WORK TO COMPLETE:
The lines wanted are those in the data below that include "left".

Saved data entries
//! The subcommand `compare`: whether the items in two files have the same value.

ghost use Rattle.std.specs.Prelude.{◌≡◌, ◌≢◌, IfOk, IfErr};
ghost use Rattle.std.specs.Io.KnownBytes.{Appends};
ghost use Rattle.cborc_commands.specs.Compare.{IsReported, IsUnreported, AreCompared, AreNotCompared};
ghost use Rattle.cborc_files.specs.Folder.{KeepsFiles};

use crate::fault::Fault;
use crate::input::{Judge, read_item};
use crate::status::Status;
use cbor_head::Limits;
use cbor_item::write_whole;
use cbor_reader::laws::valid_items;
use cbor_reader::same_meaning;
use cborc_files::Folder;
use cborc_words::{Accepted, Options};
use std::alloc::Global;
use std::io::Write;

/// Writes to `out` whether the items in two files have the same value. Both are read, and decoded
/// from hex, before either is judged.
pub fn compare<'a, F: Folder, O: Write>(
    alloc: Global,
    files: &mut F,
    out: &mut O,
    left: &'a str,
    right: &'a str,
    options: &Options,
) -> Result<Status, Fault<'a>>
    ensures reported { IfOk result (AreCompared options.now left.now right.now
        (F.held files.old) (O.contents out.old) (O.contents out.new)) }
    ensures fault { IfErr result
        (AreNotCompared options.now left.now right.now (F.held files.old)
        (O.contents out.old) (O.contents out.new)) }
    ensures silent { IfErr result (λ fault. fault ≢ Fault.CannotPrint → out.new ≡ out.old) }
    ensures keeps { KeepsFiles (F.held files.old) (F.held files.new) }
    ensures same { F.forwards_to files.new ≡ F.forwards_to files.old }
{
    valid_items();
    let judge = Judge::Item(Accepted::Valid);
    let first = read_item(alloc, files, left, judge, *options)?;
    let second = read_item(alloc, files, right, judge, *options)?;
    report(
        alloc,
        out,
        first.as_slice(),
        second.as_slice(),
        options.limits,
    )
}

// Writes to `out` whether two inputs are items with the same value. The status says so too.
fn report<'a, O: Write>(
    alloc: Global,
    out: &mut O,
    left: &[u8],
    right: &[u8],
    limits: Limits,
) -> Result<Status, Fault<'a>>
    ensures reported { IfOk result (IsReported limits left.now right.now
        (Appends (O.contents out.old) (O.contents out.new))) }
    ensures fault { IfErr result (IsUnreported limits left.now right.now
        (O.contents out.old) (O.contents out.new)) }
    ensures silent { IfErr result (λ fault. fault ≢ Fault.CannotPrint → out.new ≡ out.old) }
{
    let (line, status) = if same_meaning(alloc, left, right, limits)? {
        (b"same\n".as_slice(), Status::Accepted)
    } else {
        (b"different\n".as_slice(), Status::Refused)
    };
    match write_whole(out, line) {
        Ok(()) => Ok(status),
        Err(_) => Err(Fault::CannotPrint),
    }
}
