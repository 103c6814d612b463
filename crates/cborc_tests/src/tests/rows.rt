//! What runs leave: a table of the commands that are not tested item by item.

use super::{Outcome, ran};
use std::alloc::{AllocError, Global};
use std::test::Fail;
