//! `canon --seq`: the canonical bytes of each item of a sequence (RFC 8742), from file to file.

ghost use Rattle.std.specs.Prelude.{◌≡◌, ℕ, List, Option, OnOk, OnErr, IfErr, false};
ghost use Rattle.cborc_commands.specs.CanonSequence.{HasCanonicalBytes, canonical_text};
ghost use Rattle.cborc_commands.specs.CanonSequence.{IsSequenceCanonised};
ghost use Rattle.cborc_commands.specs.CanonSequence.{IsSequenceNotCanonised};
ghost use Rattle.cborc_files.specs.Folder.{is_stream, KeepsFiles};
ghost use Rattle.cborc_commands.specs.inner.SequenceItems.{IsUnwritten};

use crate::fault::Fault;
use crate::first_item::Scratch;
use crate::sequence::{ItemWriter, unless_cut, write_items};
use crate::texts::formed;
use cbor_head::{KeyOrder, Limits, Reason, Refusal};
use cbor_item::write_whole;
use cborc_files::{Folder, is_stream};
use cborc_words::{Form, Options, Output};
use std::alloc::Global;
use std::borrow::CowSlice;
use std::io::Write;

/// Writes the canonical bytes of each item of the sequence in the file `source` to the output, one
/// after another. A file is replaced with those of all items, or left unchanged. Bytes that were
/// written to standard output before a refusal stay.
pub fn canon_sequence<'a, F: Folder, O: Write>(
    alloc: Global,
    files: &mut F,
    out: &mut O,
    source: &'a str,
    output: Output<'a>,
    order: KeyOrder,
    options: Options,
) -> Result<(), Fault<'a>>
    ensures written { OnOk result (IsSequenceCanonised order options source.now output.entry
        (F.held files.old) (F.held files.new) (O.contents out.old) (O.contents out.new)) }
    ensures untouched { OnErr result (KeepsFiles (F.held files.old) (F.held files.new)) }
    ensures same { F.forwards_to files.new ≡ F.forwards_to files.old }
    ensures fault { IfErr result (IsSequenceNotCanonised order options source.now output.entry
        (F.held files.old) (O.contents out.old) (O.contents out.new)) }
    ensures silent { is_stream output.entry.path.now ≡ false → out.new ≡ out.old }
{
    if !is_stream(output.path) {
        return replace_file(alloc, files, source, output, order, options);
    }
    let form = output.form;
    let canonical = CanonicalItems { order, form };
    write_items(alloc, &canonical, files, source, options, out)?;
    Ok(())
}

// Writes them to a file that replaces the one at the output's path. Standard output gets nothing.
fn replace_file<'a, F: Folder>(
    alloc: Global,
    files: &mut F,
    source: &'a str,
    output: Output<'a>,
    order: KeyOrder,
    options: Options,
) -> Result<(), Fault<'a>>
    requires { is_stream output.path.now ≡ false }
    ensures written { OnOk result ((out : Option (List ℕ)) → IsSequenceCanonised order options
        source.now output.entry (F.held files.old) (F.held files.new) out out) }
    ensures untouched { OnErr result (KeepsFiles (F.held files.old) (F.held files.new)) }
    ensures same { F.forwards_to files.new ≡ F.forwards_to files.old }
    ensures fault { IfErr result (λ fault. (out : Option (List ℕ)) → IsSequenceNotCanonised order
        options source.now output.entry (F.held files.old) out out fault) }
{
    let Output { path, form } = output;
    let canonical = CanonicalItems { order, form };
    let mut draft = match files.begin(path) {
        Ok(draft) => draft,
        Err(_) => return Err(Fault::Memory),
    };
    match write_items(alloc, &canonical, files, source, options, &mut draft) {
        Ok(_) => match files.replace(path, draft) {
            Ok(()) => Ok(()),
            Err(cause) => Err(Fault::of_writing(path, cause)),
        },
        Err(fault) => {
            let cause = files.abandon(draft);
            match fault {
                Fault::CannotPrint => Err(Fault::of_writing(path, cause)),
                _ => Err(fault),
            }
        }
    }
}

// Writes the canonical bytes of items.
#[derive(Clone, Copy)]
struct CanonicalItems {
    order: KeyOrder,
    form: Form,
}

impl ItemWriter for CanonicalItems {
    ghost takes = { λ canonical b. HasCanonicalBytes b canonical.order };

    ghost text = { λ canonical _. canonical_text canonical.order canonical.form };

    ghost stops = { λ canonical b start bytes fault before after.
        IsUnwritten b canonical.order canonical.form bytes fault before after };

    fn write_item<'f, W: Write>(
        &self,
        alloc: Global,
        bytes: &[u8],
        goes_on: bool,
        _start: usize,
        limits: Limits,
        scratch: &mut Scratch,
        out: &mut W,
    ) -> Result<Option<usize>, Fault<'f>> {
        let (canonical, size) = match scratch.canonical_at_start(bytes, limits, self.order) {
            Ok(prefix) => prefix,
            Err(refusal) => return unless_cut(refusal, goes_on),
        };
        if canonical.len() as u64 > limits.bytes() {
            return Err(Fault::Refused(Refusal::at(Reason::CanonicalTooLong, size)));
        }
        let Ok(text) = formed(alloc, CowSlice::Borrowed(canonical), self.form) else {
            return Err(Fault::Memory);
        };
        match write_whole(out, text.as_slice()) {
            Ok(()) => Ok(Some(size as usize)),
            Err(_) => Err(Fault::CannotPrint),
        }
    }
}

ANSWER:
    left: &'a str,
    ensures reported { IfOk result (AreCompared options.now left.now right.now
        (AreNotCompared options.now left.now right.now (F.held files.old)
    let first = read_item(alloc, files, left, judge, *options)?;
    left: &[u8],
    ensures reported { IfOk result (IsReported limits left.now right.now
    ensures fault { IfErr result (IsUnreported limits left.now right.now
    let (line, status) = if same_meaning(alloc, left, right, limits)? {
/// after another. A file is replaced with those of all items, or left unchanged. Bytes that were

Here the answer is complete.